Basically, I am trying to test how this on-demand cluster spins up and works with Hive activity. So there is only one activity in the pipeline.

But Azure data factory shows the below message when I try to debug it for Hive activity using an on-demand HDInsight cluster. {"code":"BadRequest","message":null,"target":"pipeline//runid/cXXX-XXXX-XXXXX-1111","details":null,"error":null}

When I checked in debug section of the pipeline runs it says "Operation on target pipeline failed: Invalid linked service reference. Name: storage_linkedservice"

The on-demand HDInsight cluster's linked service is configured with Dynamic Content in Json Format and not through UI. Reference for this Json is taken from Microsoft docs link: https://docs.microsoft.com/en-us/azure/data-factory/compute-linked-services#azure-hdinsight-on-demand-linked-service

This document says how we can attach additional storage accounts under the title additionalLinkedServiceNames JSON example.

And I have used the same JSON format to specify additional storage account for which the data factory throws an error. The JSON format is as below.

"additionalLinkedServiceNames": [ { "referenceName": "storage_linkedservice", "type": "LinkedServiceReference" } ]

Does anyone have any idea that why the pipeline is failing even though the format is specified as mentioned in Microsoft's document?

The reply is very much appreciated.

Thanks.

1
I have updated my answer, but can you share the exact code that you are using and not just the syntax. Snips would help tooKarthikBhyresh-MT

1 Answers

0
votes

--Update

Refer: Error message - "code":"BadRequest", "message":"null"

Cause

It is a user error because JSON payload that hits management.azure.com is corrupt. No logs will be stored because user call did not reach ADF service layer.

Resolution

Perform network tracing of your API call from ADF portal using Edge/Chrome browser Developer tools. You will see offending JSON payload, which could be due to a special character(for example $), spaces and other types of user input. Once you fix the string expression, you will proceed with rest of ADF usage calls in the browser.

--

Currently, you cannot specify an Azure Data Lake Storage (Gen 2) linked service for this property. If the HDInsight cluster has access to the Data Lake Store, you may access data in the Azure Data Lake Storage (Gen 2) from Hive/Pig scripts.

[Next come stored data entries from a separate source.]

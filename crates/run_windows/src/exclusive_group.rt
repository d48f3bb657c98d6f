//! Groups that are exclusive.
ghost use Rattle.std.specs.Prelude.{◌≡◌, find, true};
ghost use Rattle.std.specs.Option.{option_copied};
ghost use Rattle.group_tree.specs.Records.{has_gid, has_mode};
ghost use Rattle.rc_base.specs.declared.names.Mode.TheVariants.{Exclusive};
ghost use Rattle.run_windows.specs.OneGroup.{if_exclusive};

use group_tree::{Group, GroupKind};
use rc_base::{Gid, Mode};
use tree_core::Tree;

/// A group that is exclusive, with its masks.
#[derive(Clone, Copy, Debug, PartialEq, Eq, Drop)]
pub(crate) struct ExclusiveGroup {
    /// The group.
    pub gid: Gid,
    /// Its masks, that of domain d at place d.
    pub masks: [u32; 8],
}

// Whether it is an exclusive control group.
fn is_exclusive(group: &Group) -> bool
    ensures { result ≡ has_mode Exclusive group.now }
{
    matches!(group.kind, GroupKind::Control) && matches!(group.mode, Mode::Exclusive)
}

// The group with its masks, where it is exclusive.
fn if_exclusive(group: Option<&Group>) -> Option<ExclusiveGroup>
    ensures { result ≡ if_exclusive (option_copied group.entry) }
{
    match group {
        Some(group) => {
            if is_exclusive(group) {
                Some(ExclusiveGroup {
                    gid: group.gid,
                    masks: group.masks,
                })
            } else {
                None
            }
        }
        None => None,
    }
}

/// The group of this gid with its masks, where it is exclusive in a tree.
pub(crate) fn exclusive_group(tree: &Tree, gid: Gid) -> Option<ExclusiveGroup>
    ensures { result ≡ if_exclusive (find (has_gid gid) tree.now.state.groups) }
{
    if_exclusive(tree.groups().get(gid))
}

/// Whether these are the same group with the same masks.
pub(crate) fn are_same(one: &ExclusiveGroup, other: &ExclusiveGroup) -> bool
    ensures { result ≡ true → one.now ≡ other.now }
{
    one == other
}
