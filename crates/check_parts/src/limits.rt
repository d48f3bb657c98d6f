//! The limit of what is checked.

/// How many bytes an input of `check` may have at most (this project's profile).
pub const MOST_CHECK_BYTES: usize = 1_073_741_824;
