//! The laws of the windows of a run, each proved with an empty body.

ghost use Rattle.run_windows.specs.WindowLaws.{EpochsAreSound, LockWindowsExist, RegionsHold, WindowsAreIsolated, WindowsAreUnique, WindowsExist, WorldsAgree};

/// The tree of a run is sound at every epoch.
pub fn epochs_are_sound()
    ensures { EpochsAreSound }
{}

/// In every window of every run the covered accesses of the group hit just where they would in a private cache of as many ways.
pub fn windows_are_isolated()
    ensures { WindowsAreIsolated }
{}

/// The covered accesses of two windows, on machines with equal sets and of groups with equally many ways, hit alike where the
/// groups use and lose the same lines: what others did besides makes no difference.
pub fn worlds_agree()
    ensures { WorldsAgree }
{}

/// A flush or a lock begins just one window of each group that is exclusive then.
pub fn windows_are_one()
    ensures exist { WindowsExist }
    ensures unique { WindowsAreUnique }
{}

/// A locked region holds its lines, but for those that are dropped, until its slice is emptied or the region is gone; and each
/// lock begins a window of the region that its domain then has.
pub fn regions_hold()
    ensures hold { RegionsHold }
    ensures exist { LockWindowsExist }
{}
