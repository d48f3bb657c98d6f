//! The groups that are exclusive in one domain at an epoch, found among those of all changes.
ghost use Rattle.std.specs.Prelude.{◌≡◌, ◌+◌, ◌-◌, ◌*◌, ◌<◌, ◌≤◌, [], IfOk, length};
ghost use Rattle.std.specs.List.{AllWithin};
ghost use Rattle.run_law.specs.Runs.{IsRun};
ghost use Rattle.run_windows.specs.Changes.{AreChanges};
ghost use Rattle.run_windows.specs.Edits.{changes_of};
ghost use Rattle.run_windows.specs.Stays.{AreStays};
ghost use Rattle.run_windows.specs.Sweeps.{AreMarks, IsSwept, swept};
ghost use Rattle.run_windows.specs.Timelines.{IsTimeline};
ghost use Rattle.run_windows.specs.declared.changes.Past.{Past};
ghost use Rattle.run_windows.specs.declared.timeline.TheConstants.{STEP};
ghost use Rattle.script_ops.specs.Values.{IsLawful};

use crate::changes::Past;
use crate::sweep::{Sweep, same_sweep, sweep_over};
use private_lru::ExclusiveSpan;
use rc_base::NoMemory;
use run_replay::Run;
use std::alloc::Global;

/// After how many changes a sweep is kept: as many as there are ways at most, so that no domain has more exclusive groups.
pub(crate) const STEP: usize = 32;

/// The changes of the exclusive groups of a run, with what helps to find those of a domain.
#[derive(Drop)]
pub(crate) struct Timeline<'a> {
    /// The run.
    pub run: Run<'a>,
    /// What the changes undo, the first change first.
    pub pasts: &'a [Past],
    /// Where a sweep over them stands in the domain, after the last change and after each so many more.
    pub marks: Vec<Sweep>,
}

// Where a sweep over the changes of a run stands in a domain, after the last change and after each so many more.
fn marks(alloc: Global, run: &Run<'_>, domain: u8, pasts: &[Past]) -> Result<Vec<Sweep>, NoMemory>
    requires { domain < 8 }
    ensures { IfOk result (λ marks. AreMarks domain (length run.now.journals.now.tree) STEP pasts.now marks.items) }
{
    let mut marks: Vec<Sweep> = Vec::new(alloc);
    let mut sweep = Sweep {
        stays: Vec::new(alloc),
        last: run.journals.tree().len() as u64,
    };
    for back in 0..pasts.len() {
        sweep_over(alloc, &mut sweep, &pasts[pasts.len() - 1 - back], domain)?;
        if back / STEP == marks.len() {
            marks.push(same_sweep(alloc, &sweep)?)?;
        }
    }
    Ok(marks)
}

/// The changes of a run, to be asked for those of a domain.
pub(crate) fn timeline_of<'a>(
    alloc: Global,
    run: &Run<'a>,
    domain: u8,
    pasts: &'a [Past],
) -> Result<Timeline<'a>, NoMemory>
    requires lawful { IsLawful run.now.script.now }
    requires run { IsRun run.now.script.now run.now.journals.now }
    requires domain { domain < run.now.script.now.machine.domains }
    requires changes { AreChanges run.now.script.now run.now.journals.now (length run.now.journals.now.tree + 1) (changes_of [] pasts.now) }
    ensures timeline { IfOk result (IsTimeline domain) }
    ensures run { IfOk result (λ t. t.run ≡ run.now) }
{
    let marks = marks(alloc, run, domain, pasts)?;
    Ok(Timeline {
        run: *run,
        pasts,
        marks,
    })
}

// Where a sweep has come that has gone over so many changes.
fn sweep_at(
    alloc: Global,
    timeline: &Timeline<'_>,
    domain: u8,
    count: usize,
) -> Result<Sweep, NoMemory>
    requires domain { domain < 8 }
    requires within { count ≤ length timeline.now.pasts.now }
    requires some { 0 < count }
    requires marks { AreMarks domain (length timeline.now.run.journals.now.tree) STEP timeline.now.pasts.now timeline.now.marks.items }
    ensures { IfOk result (λ sweep. IsSwept (swept domain (length timeline.now.run.journals.now.tree) timeline.now.pasts.now count) sweep) }
{
    let pasts = timeline.pasts;
    let mark = (count - 1) / STEP;
    let mut sweep = same_sweep(alloc, &timeline.marks[mark])?;
    for back in STEP * mark + 1..count {
        sweep_over(alloc, &mut sweep, &pasts[pasts.len() - 1 - back], domain)?;
    }
    Ok(sweep)
}

// How many of the changes of a run begin at an epoch or before it.
fn count_begun(run: &Run<'_>, pasts: &[Past], epoch: u64) -> usize
    requires changes { AreChanges run.now.script.now run.now.journals.now (length run.now.journals.now.tree + 1) (changes_of [] pasts.now) }
    ensures begun { AllWithin (λ (p : Past). p.from ≤ epoch) pasts.now 0 result }
    ensures rest { AllWithin (λ (p : Past). epoch < p.from) pasts.now result (length pasts.now) }
    ensures within { result ≤ length pasts.now }
{
    pasts.partition_point(|past| past.from <= epoch)
}

/// The groups that are exclusive in a domain at an epoch.
pub(crate) fn stays_at(
    alloc: Global,
    timeline: &Timeline<'_>,
    domain: u8,
    epoch: u64,
) -> Result<Vec<ExclusiveSpan>, NoMemory>
    requires timeline { IsTimeline domain timeline.now }
    requires known { epoch ≤ length timeline.now.run.journals.now.tree }
    ensures { IfOk result (λ stays. AreStays timeline.now.run.script.now timeline.now.run.journals.now domain epoch stays.items) }
{
    let begun = count_begun(&timeline.run, timeline.pasts, epoch);
    let sweep = sweep_at(alloc, timeline, domain, timeline.pasts.len() + 1 - begun)?;
    Ok(sweep.stays)
}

Please verify if your named linked service is created under your Azure subscription and you are able to see the cluster in your Azure portal when the cluster is up and running. It typically takes 20 minutes or more to provision an Azure HDInsight cluster on demand. Wait and then run debug.

Few pointers:

  • Verify that the credential in Linked Service is valid, and has permission to access
  • Since you mention that you see this error while debug, can you try and confirm if it is same when you use triggers
  • The storage account must be a general-purpose standard Azure Storage account. Must be in the same region as the HDInsight cluster, which is created in the same region as the storage account specified by linkedServiceName.
  • In HDInsight compute environment, On-demand additionalLinkedServiceNames is supported for only Blob, ADLS Gen 1, ADLS Gen2 and Azure SQL DB are not supported.